Ambtenaar benoemd | 10 maart 1920
Deze keer een kort berichtje dd 10 maart 1920 over de benoeming van een Voorburger tot ambtenaar bij de gemeente Leimuiden en Rijnsaterswoude.
Wat valt op aan dit berichtje? Ten eerste dat Leimuiden al lang geen zelfstandige gemeente meer is, maar tegenwoordig onderdeel vormt van de Zuid-Hollandse gemeente Kaag en Braassem. Sinds 1900 is het aantal zelfstandige gemeentes in Nederland afgenomen van ruim 1100 tot minder dan 400 nu. Kortom: een stuk minder werkgelegenheid voor burgervaders.

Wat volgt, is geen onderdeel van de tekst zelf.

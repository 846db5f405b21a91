// The table of steps: a column of the kind, the group and both stages of each, in one number, and a column of the costs.
ghost use Rattle.std.specs.Prelude.{◌≡◌, ◌<◌, true, false, get_or};
ghost use Rattle.definitions.specs.Charts.{grouped};
ghost use Rattle.chart_fields.specs.Ends.{ends_of, froms, tos, tags, groups};
ghost use Rattle.chart_fields.specs.Stored.{blank, stored};

use crate::bodies::StepBody;
use crate::ends::{ends_of, from_at, group_at, tag_at, to_at};
use crate::kinds::StepKind;
use definitions::{Group, Stage, Step};

// By step: kind, group and both stages in one number, and the cost.
#[derive(Drop)]
pub struct StepTable {
    pub ends: [u32; 1024],
    pub costs: [u32; 1024],
}

impl StepTable {
    // A table of no steps.
    pub fn blank() -> StepTable
        ensures { result ≡ blank }
    {
        StepTable {
            ends: [0; 1024],
            costs: [0; 1024],
        }
    }

    // Step e gets its entry.
    pub fn put(&mut self, e: usize, step: StepBody)
        requires { (e < 1024) × (step.group < 1024) }
        ensures { self.new ≡ stored self.old e (ends_of step.tag step.group step.from step.to) step.cost }
    {
        self.ends[e] = ends_of(
            step.tag,
            Group(step.group),
            Stage(step.from),
            Stage(step.to),
        );
        self.costs[e] = step.cost;
    }

    // The stage that step e leaves.
    pub fn from(&self, e: Step) -> Stage
        requires { e.0 < 1024 }
        ensures { result.0 ≡ get_or (froms self.now.ends) e.0 0 }
    {
        from_at(&self.ends, e.0 as usize)
    }

    // The stage that step e leads to.
    pub fn to(&self, e: Step) -> Stage
        requires { e.0 < 1024 }
        ensures { result.0 ≡ get_or (tos self.now.ends) e.0 0 }
    {
        to_at(&self.ends, e.0 as usize)
    }

    // The group of step e.
    pub fn group(&self, e: Step) -> Group
        requires { e.0 < 1024 }
        ensures { result.0 ≡ get_or (groups self.now.ends) e.0 0 }
    {
        group_at(&self.ends, e.0 as usize)
    }

    // The cost of step e.
    pub fn cost(&self, e: Step) -> u32
        requires { e.0 < 1024 }
        ensures { result ≡ get_or self.now.costs e.0 0 }
    {
        self.costs[e.0 as usize]
    }

    // Whether the first step names its group, as all then do.
    pub fn is_grouped(&self) -> bool
        ensures named { result ≡ true → get_or (tags self.now.ends) 0 0 ≡ grouped }
        ensures plain { result ≡ false → get_or (tags self.now.ends) 0 0 ≡ grouped → ⊥ }
    {
        tag_at(&self.ends, 0) == StepKind::Grouped.tag()
    }
}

Verder valt op dat ook in welgestelde kringen [‘G.J.M. Baron van Slingelandt’] het vinden van een passende, eerste betrekking kennelijk wel eens lastig kon zijn. Anders was Baron van Slingelandt vast niet een tijd lang als ‘volontair’ werkzaam geweest op de gemeentesecretarie van Wateringen. ‘Volontair’ betekent volgens Wikipedia ‘onbezoldigde medewerker’. Werken als volontair werd veelal gedaan om de broodnodige praktische werkervaring op te doen, en daardoor een betere positie op de arbeidsmarkt te verwerven. Voor iemand van goede komaf zoals Baron van Slingelandt, zal het enige tijd onbezoldigd werken geen al te groot probleem zijn geweest. Voor minder welgestelde personen was het werken als volontair waarschijnlijk veel minder aantrekkelijk. Tegenwoordig kennen we hetzelfde fenomeen overigens nog steeds: alleen noemen we het nu een ‘stage’. Ofschoon er gewoonlijk een stagevergoeding wordt gegeven, is dat nadrukkelijk geen salaris maar alleen een onkostenvergoeding. Een werkstage wordt door de stagiair(e) ook gebruikt om een betere positie op de arbeidsmarkt te verkrijgen. Voor de stagegever is het overigens een mooie gelegenheid om eens goed te kijken hoe een mogelijke werknemer in de praktijk functioneert. Wat betreft ‘volontair’ en ‘stagiair(e)’ is er dus niet zo erg veel verschil, behalve dat zo’n honderd jaar geleden een vrouwelijke ‘volontair’ een vermoedelijk onbekend verschijnsel was. Daarentegen is tegenwoordig een ‘stagiaire’ een volstrekt normaal fenomeen.